Il est vrai que le marché de l’IA monte en maturité et, à Neovision, nous nous retrouvons de plus en plus face à des projets allant jusqu’à l’industrialisation des technologies. Ce que viennent confirmer Wendy et Victor, qui ont principalement travaillé sur du développement logiciel cette année. “Pour la première fois, j’ai intégré un modèle de prédiction dans une application de bureau windows destinée à tourner sur une variété de PCs. La techno tourne directement dessus et pas seulement en back-end. Tout tourne sur le PC du client, sans aucune dépendance externe autre que le matériel. En soi, cela n’a rien de fou et on l’a déjà fait mais cette application s’adresse aux utilisateurs finaux, des profils non-techniques. Clairement, on a amélioré le packaging de nos technos pour qu’elles soient utilisables par le plus grand nombre de personnes possible”. De la même manière, Wendy “a plutôt travaillé sur le déploiement et l’intégration de l’IA sur cette année 2021”.

Ethique

Nous arrivons à la dernière partie de notre article récapitulatif de l’année 2021. Si vous nous connaissez bien, vous savez déjà que nous ne pouvions clôturer cet article sans aborder la question de l’éthique.

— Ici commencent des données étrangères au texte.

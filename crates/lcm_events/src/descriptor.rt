//! What the manager keeps of a VNF descriptor. Its named things are numbered from 0 in the byte order of their names.

use crate::listed::Listed;
use vnfm_base::Name;

/// A descriptor.
///
/// Source: SOL 001, the node type of a VNF and its properties.
pub struct Vnfd {
    /// Its identifier, `vnfdId`.
    pub descriptor_id: Name,
    /// Who provides it.
    pub provider: Name,
    /// The name of the product.
    pub product_name: Name,
    /// The version of the software.
    pub software_version: Name,
    /// The version of the descriptor.
    pub descriptor_version: Name,
    /// Its deployment flavour.
    pub flavour_id: Name,
    /// The kinds of machines.
    pub vdus: Listed<Vdu>,
    /// The kinds of disks.
    pub storages: Listed<Storage>,
    /// The names of the networks.
    pub links: Listed<Name>,
    /// The connection points of the VDUs.
    pub ports: Listed<Port>,
    /// What scales.
    pub aspects: Listed<Aspect>,
    /// The instantiation levels.
    pub levels: Listed<Level>,
    /// The number of the level that counts where none is asked for.
    pub default_level: u16,
}

impl Drop for Vnfd {
    // Written out, so that the proof of a caller calls it and doesn't take the descriptor apart at each of its ends.
    fn drop(self) {
        let Vnfd {
            descriptor_id: _,
            provider: _,
            product_name: _,
            software_version: _,
            descriptor_version: _,
            flavour_id: _,
            vdus: _,
            storages: _,
            links: _,
            ports: _,
            aspects: _,
            levels: _,
            default_level: _,
        } = self;
    }
}

/// A virtualisation deployment unit: a kind of machine.
///
/// Source: SOL 001, tosca.nodes.nfv.Vdu.Compute.
#[derive(Drop)]
pub struct Vdu {
    /// Its name.
    pub name: Name,
    /// Memory in bytes.
    pub memory: u64,
    /// Processors.
    pub cpus: u32,
    /// The greatest number of instances; 4,294,967,295 where the descriptor gives none.
    pub maximum: u32,
    /// The number of instances at level 0 of every aspect.
    pub initial: u32,
    /// The numbers of its storages, rising.
    pub storages: Listed<u16>,
}

/// A kind of disk.
///
/// Source: SOL 001, tosca.nodes.nfv.Vdu.VirtualBlockStorage.
#[derive(Clone, Copy)]
pub struct Storage {
    /// Its name.
    pub name: Name,
    /// Its size in bytes.
    pub size: u64,
}

/// A connection point of a VDU.
///
/// Source: SOL 001, tosca.nodes.nfv.VduCp.
#[derive(Clone, Copy)]
pub struct Port {
    /// Its name.
    pub name: Name,
    /// The number of its VDU.
    pub vdu: u16,
    /// The number of its link, where it has one.
    pub link: Option<u16>,
}

/// A scaling aspect.
///
/// Source: SOL 001, tosca.policies.nfv.ScalingAspects.
#[derive(Drop)]
pub struct Aspect {
    /// Its name.
    pub name: Name,
    /// Its greatest level.
    pub maximum: u32,
    /// How many deltas each row has: 0 where the maximum is 0, else 1 or the maximum.
    pub steps: u16,
    /// What its steps add, one row a VDU, in order of VDU.
    pub rows: Listed<Row>,
}

/// What the steps of an aspect add to one VDU. A single delta holds for every step.
///
/// Source: SOL 001, tosca.policies.nfv.VduScalingAspectDeltas.
#[derive(Drop)]
pub struct Row {
    /// The number of the VDU.
    pub vdu: u16,
    /// The instances that each step adds.
    pub deltas: Listed<u32>,
}

/// An instantiation level.
///
/// Source: SOL 001, tosca.policies.nfv.InstantiationLevels.
#[derive(Drop)]
pub struct Level {
    /// Its name.
    pub name: Name,
    /// The scale level of each aspect.
    pub numbers: Listed<u32>,
}

/// The scale level of each aspect of an instance.
pub type Levels = Listed<u32>;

Il faut dire que 2021 représentera, à l’avenir, une année charnière concernant l’éthique de l’IA en Europe puisque l’Union Européenne a lancé une manœuvre visant “la mise en place d’un projet de loi pour réguler l’IA (voir AI Act). Cette loi vise à interdire certains cas d’usages (manipulation subliminale, exploitation d’enfants ou d’handicaps psychologiques, identification biométrique à distance, notation sociale généralisée) et également une liste d’IA à risque élevé. Cela pourrait compléter le RGPD et ce serait très bien au niveau éthique. Par contre, c’est également un risque par rapport aux autres blocs mondiaux de l’IA. Mais j’espère que les acteurs internationaux s’aligneront sur cette législation, comme ce fut, en partie, le cas pour le RGPD” nous détaille Lucas.

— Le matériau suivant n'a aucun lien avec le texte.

//! The account of a run's connections.
ghost use Rattle.std.specs.Prelude.{◌≡◌};
ghost use Rattle.served_account.specs.Beginning.{nothing_yet};

/// How the last hearing of a request ended.
#[derive(Clone, Copy)]
pub enum Hearing {
    /// No request was listened for yet.
    NotYet,
    /// A request was taken.
    Request,
    /// No byte was left, or the request before was the connection's last.
    End,
    /// The bytes that were left are no request.
    Malformed,
    /// The bytes that were left are a request beyond a limit.
    TooLarge,
    /// The bytes that were left end inside a request.
    Unfinished,
    /// A read failed.
    Unread,
    /// There was no memory for the request.
    NoMemory,
}

/// Where a document ends being JSON, as its parser has it: a line, from 1, and a column in it, in bytes.
#[derive(Clone, Copy)]
pub struct JsonBreak {
    /// The line.
    pub line: usize,
    /// The column.
    pub column: usize,
}

/// What was heard and answered, over all connections.
#[derive(Clone, Copy)]
pub struct Account {
    /// Requests whose replies were told whole; from 2^64 - 1 on it stays.
    pub answered: u64,
    /// How the last hearing ended.
    pub last: Hearing,
    /// Where a document that was read ends being JSON, if that was noted.
    pub broken: Option<JsonBreak>,
}

impl Account {
    /// Nothing was heard, and nothing was answered.
    ///
    /// Source: own rule.
    pub fn new() -> Account
        ensures { result ≡ nothing_yet }
    {
        Account {
            answered: 0,
            last: Hearing::NotYet,
            broken: None,
        }
    }
}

Pour Erwan, le sujet est tout aussi complexe puisque, s’il voit “l’Europe comme un modèle”, les questions éthiques peuvent aussi “la mettre à la traîne par rapport aux USA et à la Chine sur le développement de l’IA”. De plus, il émet certains doutes quant à l’efficacité des différentes prises de positions et de certaines lois. “L’éthique et la réglementation ne permettent pas de vraiment freiner les mauvais projets au niveau mondial mais nous freine par contre, en France et en Europe, sur des sujets beaucoup moins controversés notamment au niveau de la santé… J’ai l’impression que les discussions autour de l’éthique trainent trop, vu les progrès faits sur des sujets plus que polémiques. J’ai été choqué d’apprendre l’existence de robots armés ayant la capacité de prendre des décisions autonomes. Cela me fait peur, d’autant plus que la population pourrait être emballée par cette idée. Je suis vraiment étonné que cela existe déjà. Le plus dérangeant pour moi, c’est que la machine puisse prendre une décision en toute autonomie, sans le moindre contrôle humain, c’est un pas en avant très dangereux”.

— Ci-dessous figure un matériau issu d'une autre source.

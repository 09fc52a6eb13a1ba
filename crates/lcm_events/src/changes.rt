//! Definitions of resources and the changes that a plan makes to them.

ghost use Rattle.std.specs.Prelude.{◌≡◌};
ghost use Rattle.lcm_events.specs.Same.{kind_number};

use crate::listed::Listed;

/// What a definition names.
///
/// Source: SOL 003 9.5.2.2 (GrantRequest), whose resource definitions have these types.
#[derive(Clone, Copy, PartialEq, Eq)]
pub enum DefKind {
    /// A virtual link.
    Link,
    /// A virtual storage.
    Storage,
    /// A virtual compute.
    Compute,
    /// A connection point of a VDU.
    Port,
}

impl DefKind {
    /// Its number in the order of definitions, from 0.
    ///
    /// Source: own rule.
    pub fn number(self) -> u8
        ensures { result ≡ kind_number self }
    {
        match self {
            DefKind::Link => 0,
            DefKind::Storage => 1,
            DefKind::Compute => 2,
            DefKind::Port => 3,
        }
    }
}

/// The name of a resource of an instance.
///
/// `item` is the number of the link, storage or port in the descriptor, and 0 for a compute. A link has `vdu` 65,535
/// and `serial` 0.
#[derive(Clone, Copy, PartialEq, Eq)]
pub struct Def {
    /// What it is.
    pub kind: DefKind,
    /// The number of the link, storage or port.
    pub item: u16,
    /// The number of the VDU.
    pub vdu: u16,
    /// The serial number of the VNFC, from 1.
    pub serial: u32,
}

/// What a change does to its resource.
#[derive(Clone, Copy, PartialEq, Eq)]
pub enum Verb {
    /// Makes it.
    Create,
    /// Takes it away.
    Remove,
    /// Starts the compute.
    Start,
    /// Stops the compute.
    Stop,
}

/// A change of a plan. Phases go from 0, links created, to 8, links removed.
#[derive(Clone, Copy, PartialEq, Eq)]
pub struct Change {
    /// When it is its turn, from 0 to 8.
    pub phase: u8,
    /// What it does.
    pub verb: Verb,
    /// To which resource.
    pub def: Def,
}

/// A list of changes.
pub type Changes = Listed<Change>;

Voilà donc un bon résumé de l’année 2021 vue par Neovision. Comme vous pouvez le voir, les sujets ne manquent pas et cette année passée fut riche en découvertes et nouveautés, de toutes sortes. Rien de vraiment surprenant tant le domaine de l’intelligence artificielle bouillonne et évolue constamment.
De la sphère technique au marché, le sujet reste particulièrement attrayant et cela nous laisse penser qu’il ne cessera pas de bouger en 2022 que ce soit au niveau des avancées scientifiques et technologiques mais aussi au niveau de l’étude des impacts socio-économiques engendrés par le développement de l’IA.